Generative Adversarial Networks (GAN) is a generative model with implicit density estimation, it is part of unsupervised learning, and it uses two neural networks. Hence the terms “generative” and “network” in “generative adversarial network”.
2.1) Principle: Generator and Discriminator
The principle is a game between two players: a neural network called the generator, and a neural network called the discriminator. Generator They try to trick the classifier by generating images that look exactly like the real thing, Discriminator It tries to distinguish between real and fake images, hence the term “adversarial” in “generative adversarial networks.” Figure 2.
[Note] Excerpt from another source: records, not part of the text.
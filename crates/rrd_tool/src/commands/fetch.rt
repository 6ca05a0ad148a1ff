//! `fetch`: prints rows of an archive (rrdfetch). Puts the lines of several rows into a buffer without allocating, and
//! writes the lines from the buffer.
ghost use Rattle.std.specs.Prelude.{◌≡◌, ◌<◌, ◌≤◌, ◌+◌, ◌-◌, ◌*◌, ◌/◌, ◌++◌, IfNone, IfOk, IfSome, Ok, Option, Some, codes, drop, length, slice_index_or, ℕ};
ghost use Rattle.rrd_tool.specs.Names.{found_of, rows_of, Puts, Writes, Function, choice};
ghost use Rattle.rrd_tool.specs.Words.{HasApp, IsReadable, row_room, fetch_app, fetch_of, fetch_text, header_text, row_of, row_text, rows_text, texts_below, Executes, Meets};
ghost use Rattle.rrd_fixed.specs.declared.cell.Cell.TheVariants.{Unknown};

use super::name::CommandName;
use crate::arguments::{letter_arg, required_arg, text_of};
use crate::execution::Outcome;
use crate::fields::{read_optional, read_or, read_required};
use crate::{Command, LineFault, Part};
use arrayvec::ArrayString;
use clap::ArgMatches;
use rrd_base::{Chosen, Database, Refusal, database_is_valid};
use rrd_fixed::{Cell, Name, StoredCell, WriteFault, put_cell, put_time, write_bytes};
use rrd_spec::FetchRequest;
use std::alloc::{AllocError, Global};
use std::io::Write;

/// The maximum number of bytes of rows in one write.
const BLOCK: usize = 4_096;

/// Returns the shape of the command for clap.
pub(crate) fn shape<'a>(alloc: Global) -> Result<clap::Command<'a>, AllocError>
    ensures { IfOk result (HasApp fetch_app) }
{
    CommandName::Fetch
        .bare(alloc)
        .arg(required_arg(alloc, "function"))?
        .arg(letter_arg(alloc, "resolution", "resolution", 'r'))?
        .arg(letter_arg(alloc, "start", "start", 's'))?
        .arg(letter_arg(alloc, "end", "end", 'e'))
}

/// Parses the values of the command's arguments.
pub(crate) fn read(matches: &ArgMatches<'_>, now: u64) -> Result<Command, LineFault>
    ensures { Meets (fetch_of (rows_of (found_of matches.now)) now) result }
{
    let function = read_required(Part::Function, text_of(matches, "function"))?;
    let asked = read_or(Part::Resolution, text_of(matches, "resolution"), 1)?;
    let start: Option<u64> = read_optional(Part::Start, text_of(matches, "start"))?;
    let end = read_or(Part::End, text_of(matches, "end"), now)?;
    Ok(Command::Fetch(FetchRequest {
        function,
        asked,
        start: start.unwrap_or(end.saturating_sub(86_400)),
        end,
    }))
}

// Returns the cell of a data source in a row; unknown if there is no such row.
fn cell_in(row: Option<&[StoredCell]>, source: usize) -> Cell
    requires { IfSome row (λ cells. source < length cells.now) }
    ensures some { IfSome row.entry (λ cells. result ≡ slice_index_or cells.now source Unknown) }
    ensures none { IfNone row.entry (result ≡ Unknown) }
{
    match row {
        Some(cells) => cells[source].cell(),
        None => Cell::Unknown,
    }
}

// The maximum number of bytes of a row's line.
fn row_room(database: &Database) -> usize
    ensures room { result ≡ row_room (length database.now.content.sources) }
    ensures few { result ≤ 4096 }
{
    22 + 49 * database.sources() as usize
}

// Puts the line of a row before the index `end` of the buffer, from its last byte to its first. Returns the index at
// which the line begins.
fn put_row(database: &Database, archive: u64, time: i64, buffer: &mut [u8], end: usize) -> usize
    requires there { archive < length database.now.content.archives }
    requires room { row_room (length database.now.content.sources) ≤ end }
    requires inside { end ≤ length buffer.old }
    ensures text { Puts buffer.old buffer.new end (row_text database.now.content archive time) result }
    ensures short { end ≤ result + row_room (length database.now.content.sources) }
{
    let row = database.row(archive, time);
    let mut at = end - 1;
    buffer[at] = b'\n';
    let mut source = database.sources();
    while 0 < source {
        source -= 1;
        at = put_cell(cell_in(row, source as usize), buffer, at) - 1;
        buffer[at] = b' ';
    }
    at -= 1;
    buffer[at] = b':';
    put_time(time, buffer, at)
}

// Adds a space and a name to a line.
fn push_name(line: &mut ArrayString<2048>, name: &Name)
    requires { length line.old.bytes + 20 ≤ 2048 }
    ensures text { line.new.bytes ≡ line.old.bytes ++ codes " " ++ name.now }
    ensures room { length line.new.bytes ≤ length line.old.bytes + 20 }
{
    line.push_str(" ");
    line.push_str(name.as_str());
}

/// Returns the line with the names of the data sources.
pub(crate) fn header_string(database: &Database) -> ArrayString<2048>
    ensures { result.bytes ≡ header_text database.now.content.sources }
{
    let mut line = ArrayString::new();
    line.push_str("time:");
    for source in 0..database.sources() {
        push_name(&mut line, &database.source(source).name);
    }
    line.push_str("\n");
    line
}

// Puts the lines of the rows from `from` up to `to`, counted from 0, at the end of the buffer, the last line first.
// Returns the index at which the lines begin.
fn put_rows(database: &Database, chosen: Chosen, from: u64, to: u64, buffer: &mut [u8]) -> usize
    requires readable { IsReadable database.now.content chosen }
    requires rows { (from ≤ to) × (to ≤ (chosen.hi - chosen.lo) / chosen.res) }
    requires room { (to - from) * row_room (length database.now.content.sources) ≤ length buffer.old }
    ensures rows { texts_below (row_of database.now.content chosen) from ++ drop result buffer.new
        ≡ texts_below (row_of database.now.content chosen) to }
    ensures inside { result ≤ length buffer.old }
{
    let mut at = buffer.len();
    let mut row = to;
    while from < row {
        let time = chosen.lo + row * chosen.res;
        at = put_row(database, chosen.archive, time as i64, buffer, at);
        row -= 1;
    }
    at
}

// Writes a line for each row at a multiple of the resolution after `lo`, up to `hi`.
fn write_rows<W: Write>(out: &mut W, database: &Database, chosen: Chosen) -> Result<(), WriteFault>
    requires { IsReadable database.now.content chosen }
    ensures { Writes (W.contents out.old) (W.contents out.new) (rows_text database.now.content chosen) result }
{
    let count = chosen.hi.saturating_sub(chosen.lo) / chosen.res;
    let at_once = (BLOCK / row_room(database)) as u64;
    let mut buffer = [0; BLOCK];
    let mut done = 0;
    while done < count {
        let next = count.min(done + at_once);
        let start = put_rows(database, chosen, done, next, &mut buffer);
        write_bytes(out, &buffer[start..])?;
        done = next;
    }
    Ok(())
}

// Writes the line with the names of the data sources, and then the rows of a fetch.
fn write_fetch<W: Write>(out: &mut W, database: &Database, chosen: Chosen) -> Result<(), WriteFault>
    requires { (function : Function) × (asked : ℕ) × (start : ℕ) × (end : ℕ)
        × (choice database.now.content function asked start end ≡ Ok chosen) }
    ensures { Writes (W.contents out.old) (W.contents out.new) (fetch_text database.now.content chosen) result }
{
    // The database is valid, so the chosen rows can be read.
    database_is_valid(database);
    write_bytes(out, header_string(database).as_str().as_bytes())?;
    write_rows(out, database, chosen)
}

/// Selects the rows that a fetch reads, as [`Database::choose_for`] does.
///
/// Theorem: there are such rows: their archive exists, and their times are numbers that a time has.
pub fn choose_rows(database: &Database, request: FetchRequest) -> Result<Chosen, Refusal>
    ensures chosen { result
        ≡ choice database.now.content request.function request.asked request.start request.end }
    ensures readable { IfOk result (λ chosen. IsReadable database.now.content chosen) }
{
    database_is_valid(database);
    database.choose_for(request)
}

/// Prints the rows.
pub(crate) fn run<W: Write>(database: Database, request: FetchRequest, out: &mut W) -> Outcome
    ensures { Executes (Some database) (Command.Fetch request) (W.contents out.old) (W.contents out.new) result }
{
    match database.choose_for(request) {
        Ok(chosen) => {
            let written = write_fetch(out, &database, chosen);
            Outcome::of_text(database, written)
        }
        Err(refusal) => Outcome::refused(Some(database), refusal),
    }
}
Bottom left Figure 2We can see that the generator samples from a simple distribution, i.e. random noise. We can interpret the generator as an artist and the discriminator as an art critic. Figure 3.
During training, the generator gradually gets better at creating real-looking images, while the discriminator gets better at distinguishing between them. The process reaches equilibrium when the discriminator can no longer distinguish between real and fake images. Figure 4So, if the classifier is trained properly and the generator can produce lifelike images that fool the classifier, then we have a good generative model, which is generating images that are similar to the training set.
After this training phase, the generator only needs to sample new (fake) realistic data; the discriminator is no longer needed. Note that the random noise ensures that the generator does not always produce the same images (which could fool the discriminator).
At the beginning of training Figure 4The generator only produces random noise that does not resemble the training data.
2.2) Mathematically: 2-player minimax game
Generator G And the discriminator is Trained together, Minimax game for two players Formulation. The minimax objective function is:
where θ_g The parameters are G and θ_d The parameters are is.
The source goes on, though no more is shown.